A 24.1-million-pixel, APS-C sensor with no anti-aliasing filter should ensure large and sharp images from Nikon's new enthusiast-level DSLR, but there's a lot more to the D7100 than that. Read the Nikon D7100 review...
Nikon D7100 review – White balance and colour
Image: Auto white balance has a magenta colour cast, because it has compensated for the dominant green tones in this scene. Using the cloudy white balance preset produces a warm tone
As I have come to expect from a Nikon DSLR, the colour rendition using the standard colour mode is natural rather than punchy and dynamic. Of course, the vivid colour setting can be employed for anyone wanting these tones. Monochrome shooters will be pleased with the filter effects available, suited as they are for scenes such as dramatic landscapes (red filter) or portraits with great tonal depth (green filter). Colour filter effects, such as skylight, red intensifier or warm filter, can be applied to images post-capture.

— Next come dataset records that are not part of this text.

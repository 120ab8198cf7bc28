//! Forks: where samples may come from one place or from another. Which expressions have one in them, in themselves or in what they read.
#![tactic(auto)]

mod forks;
mod holding;
mod name_marks;
mod own;
mod selectors;
mod uses;

pub use forks::Forks;
pub use holding::{Held, is_or};
pub use name_marks::NameMarks;
pub use selectors::all_selectors;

As seen in the D7000, there are two AWB modes: the standard one that works to neutralise any colour cast; and one that preserves the colour of warm lighting. The latter is ideal for capturing warmth in a scene, and is particularly useful for sunsets or under tungsten light. The standard AWB mode can, like any other, record unwanted colour casts when a dominant colour tricks its metering to compensate for the tone – a green landscape can, for example, take on a magenta cast.
Taking a custom white balance reading has unfortunately always been a little tricky with a Nikon DSLR. For the most part the same can be said for the D7100, apart from the new spot white balance feature in live view. This is much more intuitive and speedy than the usual Nikon method.